Net Aerodynamic Force
At any instant during flight, the total aerodynamic force on a bird is the vector sum of all the individual forces:
Net Force = Lift + Weight + Thrust + Drag + Side Forces
The magnitude and direction of the net force dictates the bird’s flight dynamics including its accelerations, turning rates, and stability. Birds continuously adjust their wing motions to manipulate the component forces for control. They also exploit interactions between the forces to their advantage. For example, flapping faster increases both thrust and lift simultaneously.
Force Measurement Techniques
Researchers have developed various methods to study the aerodynamic forces acting on birds in flight:
Wind Tunnels
Scale models of wings and frozen bird specimens can be mounted in wind tunnels to directly measure lift, drag and side forces using load cells.
Particle Image Velocimetry
High speed cameras and lasers are used to visualize airflow patterns around flapping wings and calculate forces based on measured velocities.

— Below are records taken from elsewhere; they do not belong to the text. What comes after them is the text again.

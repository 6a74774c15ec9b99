// The two tables as they were published, row by row. Decimals are whole numbers of the last place.

// The smallest sample that accepts no bad item, for a population with so many bad ones; confidence in parts of 10^9.
#[derive(Clone, Copy, PartialEq, Eq, Debug)]
pub struct SampleRow {
    pub bad: u32,
    pub sample: u32,
    pub confidence: u32,
}

pub const SAMPLE_ROWS: [SampleRow; 5] = [
    SampleRow {
        bad: 53,
        sample: 58,
        confidence: 952_264_779,
    },
    SampleRow {
        bad: 42,
        sample: 72,
        confidence: 950_075_640,
    },
    SampleRow {
        bad: 31,
        sample: 97,
        confidence: 950_316_610,
    },
    SampleRow {
        bad: 21,
        sample: 141,
        confidence: 950_699_546,
    },
    SampleRow {
        bad: 10,
        sample: 275,
        confidence: 950_137_480,
    },
];

// A sample's greatest accept number, and the probability that a lot of this quality passes; quality in parts per million,
// probability in parts of 10^4.
#[derive(Clone, Copy, PartialEq, Eq, Debug)]
pub struct AcceptRow {
    pub quality: u32,
    pub sample: u32,
    pub accept: u8,
    pub probability: u32,
}

pub const ACCEPT_ROWS: [AcceptRow; 27] = [
    AcceptRow {
        quality: 300,
        sample: 10_000,
        accept: 4,
        probability: 8_153,
    },
    AcceptRow {
        quality: 300,
        sample: 12_000,
        accept: 6,
        probability: 9_268,
    },
    AcceptRow {
        quality: 300,
        sample: 14_000,
        accept: 7,
        probability: 9_361,
    },
    AcceptRow {
        quality: 300,
        sample: 16_000,
        accept: 9,
        probability: 9_749,
    },
    AcceptRow {
        quality: 300,
        sample: 18_000,
        accept: 10,
        probability: 9_775,
    },
    AcceptRow {
        quality: 300,
        sample: 20_000,
        accept: 12,
        probability: 9_912,
    },
    AcceptRow {
        quality: 300,
        sample: 22_000,
        accept: 14,
        probability: 9_966,
    },
    AcceptRow {
        quality: 300,
        sample: 24_000,
        accept: 15,
        probability: 9_969,
    },
    AcceptRow {
        quality: 500,
        sample: 12_000,
        accept: 6,
        probability: 6_063,
    },
    AcceptRow {
        quality: 500,
        sample: 14_000,
        accept: 7,
        probability: 5_987,
    },
    AcceptRow {
        quality: 500,
        sample: 16_000,
        accept: 9,
        probability: 7_167,
    },
    AcceptRow {
        quality: 500,
        sample: 18_000,
        accept: 10,
        probability: 7_060,
    },
    AcceptRow {
        quality: 500,
        sample: 20_000,
        accept: 12,
        probability: 7_916,
    },
    AcceptRow {
        quality: 500,
        sample: 22_000,
        accept: 14,
        probability: 8_541,
    },
    AcceptRow {
        quality: 500,
        sample: 25_000,
        accept: 16,
        probability: 8_694,
    },
    AcceptRow {
        quality: 500,
        sample: 28_000,
        accept: 19,
        probability: 9_235,
    },
    AcceptRow {
        quality: 500,
        sample: 31_000,
        accept: 21,
        probability: 9_305,
    },
    AcceptRow {
        quality: 700,
        sample: 12_000,
        accept: 6,
        probability: 2_669,
    },
    AcceptRow {
        quality: 700,
        sample: 14_000,
        accept: 7,
        probability: 2_387,
    },
    AcceptRow {
        quality: 700,
        sample: 16_000,
        accept: 9,
        probability: 3_191,
    },
    AcceptRow {
        quality: 700,
        sample: 18_000,
        accept: 10,
        probability: 2_875,
    },
    AcceptRow {
        quality: 700,
        sample: 20_000,
        accept: 12,
        probability: 3_584,
    },
    AcceptRow {
        quality: 700,
        sample: 22_000,
        accept: 14,
        probability: 4_252,
    },
    AcceptRow {
        quality: 700,
        sample: 30_000,
        accept: 20,
        probability: 4_709,
    },
    AcceptRow {
        quality: 900,
        sample: 12_000,
        accept: 6,
        probability: 871,
    },
    AcceptRow {
        quality: 900,
        sample: 22_000,
        accept: 14,
        probability: 1_127,
    },
    AcceptRow {
        quality: 900,
        sample: 30_000,
        accept: 20,
        probability: 1_014,
    },
];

Computational Fluid Dynamics
Computer simulations solve the Navier-Stokes equations governing airflow to predict aerodynamic forces for different wing geometries and kinematics.
Onboard Sensors
Custom sensor packages can be mounted on birds to record flap motions and airflow measurements to estimate forces during free flight.
Role of Wings
Bird wings play a crucial role in flight by generating the required aerodynamic forces. Their shape, size, motion and orientation determine the magnitudes of lift, thrust, drag and side forces. Different types of wings have evolved for specialized flight abilities:
- Long, pointed – Efficient long distance flight
- Short, broad – Powerful takeoff and landing
- Slotted wing tips – Reduce induced drag from wingtip vortices
- Stretchy wing skin – Passively deforms to optimal shape during flapping
Wing muscles must also provide sufficient power to sustain flapping motions. Optimizing the design of wings and their control is critical to producing the necessary balance of forces for different modes of flight.
Conclusions
In summary, the four primary forces acting on a bird in flight are:
- Weight – Downward pull of gravity
- Lift – Upward force produced by wings
- Thrust – Forward force generated by flapping wings
- Drag – Rearward resistance from air
Additionally, side forces arise during turns and wind gusts. The complex interplay and variations of these forces allow birds to takeoff, land, soar, glide, maneuver and fly in a myriad of styles. Aerodynamic force generation dependent on wings lies at the heart of their remarkable flight abilities.